*Collected data*.

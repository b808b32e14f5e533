//! Cells for the tasks of a walk.
ghost use Rattle.std.specs.Prelude.{◌≡◌, ◌∷◌, ◌+◌, ◌≤◌, suc, [], List, IfOk, length, cond};
ghost use Rattle.cmm_tree.specs.View.{expr_view, params_view};
ghost use Rattle.cmm_types.specs.Annotated.{IsAnnotated};
ghost use Rattle.cmm_types.specs.Light.{is_light_address};
ghost use Rattle.cmm_types.specs.Lists.{AreAnnotated, AreBindingsAnnotated};
ghost use Rattle.cmm_tree.specs.Rows.{expressions_of, bindings_of};
ghost use Rattle.cmm_types.specs.Types.{with_bindings};
ghost use Rattle.walk_tables.specs.Walks.{Slotted, Does, Evaluates, names, operand, operand_uses, waiting, filled_slots};
ghost use Rattle.walk_tables.specs.Walks.{all_operands, tasks_in_order, parameters_bound, entering};
ghost use Rattle.walk_tables.specs.Cells.{cells, event_of};
ghost use Rattle.walk_tables.specs.Sound.{IsCellReady, IsScope, AddsCells};

use crate::items::{Action, Cells, Item};
use cmm_tree::{Binding, Expr, Param};
use cmm_types::{is_address, is_mutable, type_bound};
use std::alloc::AllocError;

impl<'a> Cells<'a> {
    /// The event comes. The only error is want of memory.
    pub fn does(&mut self, action: Action, rest: usize) -> Result<usize, AllocError>
        ensures adds { IfOk result (λ cell. IsCellReady (cells self.old) rest →
            AddsCells (cells self.old) (cells self.new) cell (Does (event_of action) ∷ []) rest) }
        ensures more { IfOk result (λ _. length (cells self.new) ≡ suc (length (cells self.old))) }
    {
        let cell = self.push(Item::Does { action, rest })?;
        Ok(cell)
    }

    /// The expression is evaluated in this scope, with the slots from this one on free.
    /// The only error is want of memory.
    pub fn eval(
        &mut self,
        scope: usize,
        slot: usize,
        expr: &'a Expr,
        rest: usize,
    ) -> Result<usize, AllocError>
        ensures { IfOk result (λ cell. (s : List Slotted) → IsCellReady (cells self.old) rest →
            IsScope (cells self.old) scope s → IsAnnotated (names s) expr.now →
            slot ≤ length (cells self.old) →
            AddsCells (cells self.old) (cells self.new) cell (Evaluates s slot
            (expr_view expr.now) ∷ []) rest) }
    {
        let cell = self.push(Item::Evaluates {
            scope,
            slot,
            expr,
            rest,
        })?;
        Ok(cell)
    }

    /// An operand is evaluated, with the slots from `free` on, and bound to its own slot.
    fn operand(
        &mut self,
        scope: usize,
        free: usize,
        slot: usize,
        expr: &'a Expr,
        rest: usize,
    ) -> Result<usize, AllocError>
        ensures { IfOk result (λ cell. (s : List Slotted) → IsCellReady (cells self.old) rest →
            IsScope (cells self.old) scope s → IsAnnotated (names s) expr.now →
            free ≤ length (cells self.old) →
            AddsCells (cells self.old) (cells self.new) cell (operand s free slot
            (expr_view expr.now)) rest) }
    {
        let address = is_address(expr.ty);
        let at = expr.at;
        let bound = self.does(Action::Binds { slot, address, at }, rest)?;
        let cell = self.eval(scope, free, expr, bound)?;
        Ok(cell)
    }

    /// The operation at this place takes so many operands, the first of them in this slot.
    /// The only error is want of memory.
    pub fn takes(
        &mut self,
        at: u32,
        slot: usize,
        count: usize,
        rest: usize,
    ) -> Result<usize, AllocError>
        requires { slot + count ≤ usize.MAX }
        ensures adds { IfOk result (λ cell. IsCellReady (cells self.old) rest →
            AddsCells (cells self.old) (cells self.new) cell (operand_uses at slot count) rest) }
        ensures more { IfOk result (λ _.
            length (cells self.old) + count ≤ length (cells self.new)) }
    {
        if count == 0 {
            return Ok(rest);
        }
        let next = slot + 1;
        let others = self.takes(at, next, count - 1, rest)?;
        let cell = self.does(Action::Uses { slot, at }, others)?;
        Ok(cell)
    }

    /// An operand, unless it is a light address. The only error is want of memory.
    pub fn wait_one(
        &mut self,
        scope: usize,
        free: usize,
        slot: usize,
        expr: &'a Expr,
        rest: usize,
    ) -> Result<usize, AllocError>
        ensures { IfOk result (λ cell. (s : List Slotted) → IsCellReady (cells self.old) rest →
            IsScope (cells self.old) scope s → IsAnnotated (names s) expr.now →
            free ≤ length (cells self.old) →
            AddsCells (cells self.old) (cells self.new) cell (cond (is_light_address
            (names s) (expr_view expr.now)) [] (operand s free slot (expr_view expr.now))) rest) }
    {
        if self.is_light_address(scope, expr) {
            return Ok(rest);
        }
        let cell = self.operand(scope, free, slot, expr, rest)?;
        Ok(cell)
    }

    /// An operand, if it is a light address. The only error is want of memory.
    pub fn fill_one(
        &mut self,
        scope: usize,
        free: usize,
        slot: usize,
        expr: &'a Expr,
        rest: usize,
    ) -> Result<usize, AllocError>
        ensures { IfOk result (λ cell. (s : List Slotted) → IsCellReady (cells self.old) rest →
            IsScope (cells self.old) scope s → IsAnnotated (names s) expr.now →
            free ≤ length (cells self.old) →
            AddsCells (cells self.old) (cells self.new) cell (cond (is_light_address
            (names s) (expr_view expr.now)) (operand s free slot (expr_view expr.now)) []) rest) }
    {
        if self.is_light_address(scope, expr) {
            let cell = self.operand(scope, free, slot, expr, rest)?;
            return Ok(cell);
        }
        Ok(rest)
    }

    /// The operands that are no light addresses, right to left. The only error is want of memory.
    pub fn wait(
        &mut self,
        scope: usize,
        free: usize,
        slot: usize,
        exprs: &'a [Expr],
        rest: usize,
    ) -> Result<usize, AllocError>
        requires { slot + length exprs.now ≤ free }
        ensures { IfOk result (λ cell. (s : List Slotted) → IsCellReady (cells self.old) rest →
            IsScope (cells self.old) scope s → AreAnnotated (names s) exprs.now →
            free ≤ length (cells self.old) →
            AddsCells (cells self.old) (cells self.new) cell (waiting s free slot
            (expressions_of exprs.now)) rest) }
    {
        match exprs {
            [] => Ok(rest),
            [first, others @ ..] => {
                let next = slot + 1;
                let here = self.wait_one(scope, free, slot, first, rest)?;
                let cell = self.wait(scope, free, next, others, here)?;
                Ok(cell)
            }
        }
    }

    /// The light addresses, right to left. The only error is want of memory.
    pub fn fill(
        &mut self,
        scope: usize,
        free: usize,
        slot: usize,
        exprs: &'a [Expr],
        rest: usize,
    ) -> Result<usize, AllocError>
        requires { slot + length exprs.now ≤ free }
        ensures { IfOk result (λ cell. (s : List Slotted) → IsCellReady (cells self.old) rest →
            IsScope (cells self.old) scope s → AreAnnotated (names s) exprs.now →
            free ≤ length (cells self.old) →
            AddsCells (cells self.old) (cells self.new) cell (filled_slots s free slot
            (expressions_of exprs.now)) rest) }
    {
        match exprs {
            [] => Ok(rest),
            [first, others @ ..] => {
                let next = slot + 1;
                let here = self.fill_one(scope, free, slot, first, rest)?;
                let cell = self.fill(scope, free, next, others, here)?;
                Ok(cell)
            }
        }
    }

    /// All operands, the first of them in this slot. The only error is want of memory.
    pub fn all_operands(
        &mut self,
        scope: usize,
        slot: usize,
        exprs: &'a [Expr],
        rest: usize,
    ) -> Result<usize, AllocError>
        requires { slot + length exprs.now ≤ usize.MAX }
        ensures { IfOk result (λ cell. (s : List Slotted) → IsCellReady (cells self.old) rest →
            IsScope (cells self.old) scope s → AreAnnotated (names s) exprs.now →
            slot + length exprs.now ≤ length (cells self.old) →
            AddsCells (cells self.old) (cells self.new) cell (all_operands s slot
            (expressions_of exprs.now)) rest) }
    {
        let free = slot + exprs.len();
        let filled = self.fill(scope, free, slot, exprs, rest)?;
        let cell = self.wait(scope, free, slot, exprs, filled)?;
        Ok(cell)
    }

    /// One expression after the other. The only error is want of memory.
    pub fn in_order(
        &mut self,
        scope: usize,
        slot: usize,
        exprs: &'a [Expr],
        rest: usize,
    ) -> Result<usize, AllocError>
        requires { slot ≤ length (cells self.old) }
        ensures { IfOk result (λ cell. (s : List Slotted) → IsCellReady (cells self.old) rest →
            IsScope (cells self.old) scope s → AreAnnotated (names s) exprs.now →
            AddsCells (cells self.old) (cells self.new) cell (tasks_in_order s slot
            (expressions_of exprs.now)) rest) }
    {
        match exprs {
            [] => Ok(rest),
            [first, others @ ..] => {
                let later = self.in_order(scope, slot, others, rest)?;
                let cell = self.eval(scope, slot, first, later)?;
                Ok(cell)
            }
        }
    }

    /// Parameters are bound at their names. The only error is want of memory.
    pub fn parameters_bound(
        &mut self,
        slot: usize,
        params: &[Param],
        rest: usize,
    ) -> Result<usize, AllocError>
        requires { slot + length params.now ≤ usize.MAX }
        ensures { IfOk result (λ cell. IsCellReady (cells self.old) rest →
            AddsCells (cells self.old) (cells self.new) cell (parameters_bound slot
            (params_view params.now)) rest) }
    {
        match params {
            [] => Ok(rest),
            [first, others @ ..] => {
                let next = slot + 1;
                let later = self.parameters_bound(next, others, rest)?;
                let address = is_address(first.comp.ty());
                let at = first.at;
                let cell = self.does(Action::Binds { slot, address, at }, later)?;
                Ok(cell)
            }
        }
    }

    /// The first binding of a let, and the others in its scope; then the body.
    /// The only error is want of memory.
    pub fn entering(
        &mut self,
        scope: usize,
        slot: usize,
        bindings: &'a [Binding],
        body: &'a Expr,
        rest: usize,
    ) -> Result<usize, AllocError>
        requires { slot ≤ length (cells self.old) }
        ensures { IfOk result (λ cell. (s : List Slotted) → IsCellReady (cells self.old) rest →
            IsScope (cells self.old) scope s →
            AreBindingsAnnotated (names s) bindings.now →
            IsAnnotated (with_bindings (names s) (bindings_of bindings.now)) body.now →
            AddsCells (cells self.old) (cells self.new) cell (entering s slot
            (bindings_of bindings.now) (expr_view body.now)) rest) }
    {
        match bindings {
            [] => {
                let cell = self.eval(scope, slot, body, rest)?;
                Ok(cell)
            }
            [first, others @ ..] => {
                let cell = self.enter_one(scope, slot, first, others, body, rest)?;
                Ok(cell)
            }
        }
    }

    /// A binding of a let, and the others in its scope; then the body.
    fn enter_one(
        &mut self,
        scope: usize,
        slot: usize,
        first: &'a Binding,
        others: &'a [Binding],
        body: &'a Expr,
        rest: usize,
    ) -> Result<usize, AllocError>
        requires { slot ≤ length (cells self.old) }
        ensures { IfOk result (λ cell. (s : List Slotted) → IsCellReady (cells self.old) rest →
            IsScope (cells self.old) scope s →
            AreBindingsAnnotated (names s) (first.now ∷ others.now) →
            IsAnnotated (with_bindings (names s) (bindings_of
            (first.now ∷ others.now))) body.now →
            AddsCells (cells self.old) (cells self.new) cell (entering s slot (bindings_of
            (first.now ∷ others.now)) (expr_view body.now)) rest) }
    {
        let ty = type_bound(first.declared, first.value.ty);
        let mutable = is_mutable(first.declared);
        let next = slot + 1;
        let inner = self.bind(scope, &first.name, ty, mutable, slot)?;
        let later = self.push(Item::Enters {
            scope: inner,
            slot: next,
            bindings: others,
            body,
            rest,
        })?;
        let address = is_address(ty);
        let at = first.at;
        let bound = self.does(Action::Binds { slot, address, at }, later)?;
        let cell = self.eval(scope, slot, &first.value, bound)?;
        Ok(cell)
    }
}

*PROBLEM TO SOLVE*.
Your answer should hold every line of the entries that contains the string "right".

*ANSWER SECTION*.
    /// The operands that are no light addresses, right to left. The only error is want of memory.
    /// The light addresses, right to left. The only error is want of memory.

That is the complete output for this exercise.